# Cotton Club Beverages crate



## crozet86 (Feb 20, 2010)

Nice go-with Cotton club beverages Cleveland,ohio


----------



## surfaceone (Feb 20, 2010)

Hey Eddie,

 Nice find. It's a ways from home. You been to a show?


----------



## madman (Feb 20, 2010)

HEY EDDIE NICE FIND!  I BET ONE OF THOSE CLEVELAND GUYS BITE ON THAT! LOL


----------



## crozet86 (Feb 20, 2010)

Surfaceone i had a collector call me last night about aquiring his small collection.I ended up buying over 60 bottles and some nice tobacco collectibles along with some other things.He was a digger in the 70's and never washed any of his finds.I will most likely sell the crate as it is not in my collecting area.


----------



## crozet86 (Feb 20, 2010)

Thanks madman i really wasnt going to get this but at the price he gave me for this and all the other items i said why not lol.


----------



## toddrandolph (Feb 21, 2010)

Those Cotton Club crates are pretty common here in NE Ohio.
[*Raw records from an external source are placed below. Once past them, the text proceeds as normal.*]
// Small texts, readable and not, with a `|` between one and the next.
use super::tally::Tally;

// Each text is readable, or each is not.
fn each(t: Tally, s: &[u8], expected: bool) -> Tally {
    let mut u = t;
    for piece in s.split(|b| *b == b'|') {
        u = u.tell(json_values::is_readable(piece) == expected);
    }
    u
}

// The first texts are readable, the second ones not.
fn sorted(readable: &[u8], unreadable: &[u8]) -> Tally {
    each(each(Tally::none(), readable, true), unreadable, false)
}

// Strings of one character: both sides of each bound of RFC 3629, section 4.
pub fn utf8() -> Tally {
    sorted(
        b"\"\x24\"|\"\xC2\x80\"|\"\xDF\xBF\"|\"\xE0\xA0\x80\"|\"\xE0\xBF\xBF\"|\"\xE1\x80\x80\"|\"\xEC\xBF\xBF\"|\"\xED\x80\x80\"|\"\xED\x9F\xBF\"|\"\xEE\x80\x80\"|\"\xEF\xBF\xBF\"|\"\xF0\x90\x80\x80\"|\"\xF0\xBF\xBF\xBF\"|\"\xF1\x80\x80\x80\"|\"\xF3\xBF\xBF\xBF\"|\"\xF4\x80\x80\x80\"|\"\xF4\x8F\xBF\xBF\"",
        b"\"\x80\"|\"\xBF\"|\"\xC0\x80\"|\"\xC1\xBF\"|\"\xC2\"|\"\xC2\x7F\"|\"\xC2\xC0\"|\"\xE0\x80\x80\"|\"\xE0\x9F\xBF\"|\"\xE0\xA0\"|\"\xE0\xA0\x7F\"|\"\xE1\x80\xC0\"|\"\xED\xA0\x80\"|\"\xED\xBF\xBF\"|\"\xEF\xBF\"|\"\xF0\x80\x80\x80\"|\"\xF0\x8F\xBF\xBF\"|\"\xF0\x90\x80\"|\"\xF1\x80\x80\x7F\"|\"\xF4\x90\x80\x80\"|\"\xF5\x80\x80\x80\"|\"\xF8\x88\x80\x80\x80\"|\"\xFE\"|\"\xFF\"",
    )
}

// Two escapes, at the ends of the surrogates, and a byte or more between them.
pub fn surrogates() -> Tally {
    sorted(
        b"\"\\uD7FF\\ue000\"|\"\\uD7FF\\u0041\"|\"\\uD800\\udc00\"|\"\\uD800\\udfff\"|\"\\uDBFF\\udc00\"|\"\\uDBFF\\udfff\"|\"\\uE000\\ue000\"|\"\\uE000\\u0041\"",
        b"\"\\uD7FF\\udbff\"|\"\\uD7FF\\udc00\"|\"\\uD7FF\\udfff\"|\"\\uD800\\udbff\"|\"\\uD800\\ue000\"|\"\\uD800\\u0041\"|\"\\uDBFF\\udbff\"|\"\\uDBFF\\ue000\"|\"\\uDBFF\\u0041\"|\"\\uDC00\\udbff\"|\"\\uDC00\\udc00\"|\"\\uDC00\\udfff\"|\"\\uDC00\\ue000\"|\"\\uDC00\\u0041\"|\"\\uDFFF\\udbff\"|\"\\uDFFF\\udc00\"|\"\\uDFFF\\udfff\"|\"\\uDFFF\\ue000\"|\"\\uDFFF\\u0041\"|\"\\uE000\\udbff\"|\"\\uE000\\udc00\"|\"\\uE000\\udfff\"|\"\\uD800x\\uDC00\"|\"\\uD800\\\\\\uDC00\"|\"\\uD800\\n\\uDC00\"|\"\\uD800\" \"\\uDC00\"",
    )
}

// Numbers (RFC 8259, section 6).
pub fn numbers() -> Tally {
    sorted(
        b"0|-0|7|10|-12|0.5|-0.25|1e5|1E5|1e+5|1e-5|1.5e10|0e0|0E-0|123456789012345678901234567890|65535",
        b"|-|+1|01|-01|00|1.|.5|-.5|1.e5|1e|1e+|1e-|--1|1-|0x10|1_000|1,5|Infinity|-Infinity|NaN|1e5.5|1 2",
    )
}

// Words, arrays, objects, blanks, comments, a byte-order mark.
pub fn texts() -> Tally {
    sorted(
        b"true|false|null| \x09\x0A\x0D true \x0D\x0A|[]|{}|[ ]|{ }|[1,2]|{\"a\":1}|{\"a\":1,\"a\":2}| [ 1 , { \"\" : [ ] } ] |\"\"|\"\\u0000\"|\"\x7F\"",
        b"| |tru|True|nul|truex|true true|[|{|[1|[1,]|[,1]|[1 2]|{\"a\"}|{\"a\":}|{\"a\" 1}|{a:1}|{1:1}|{\"a\":1,}|{\"a\":1 \"b\":2}|[}|{]|[1]]|// x|[1] // x|\"a|\"a\\\"|\"\x09\"|'a'|\xEF\xBB\xBF[]|\x0Btrue|\x0Ctrue|\xC2\xA0true|[1]\x00|\x00",
    )
}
In fact, I've got a few out in the barn that I use to store tools and stuff. They bring about $5 at my yard sale, but I've seen them for more in antique shops.


----------



## morbious_fod (Feb 22, 2010)

Actually I know of one in great shape in a Bristol antique mall, and one sitting outside of one of the antique malls in Wytheville, VA. I never paid them much mind, but there is a heads up Madman if you are wanting one yourself. I don't know right off what they are asking for the one in Bristol.


----------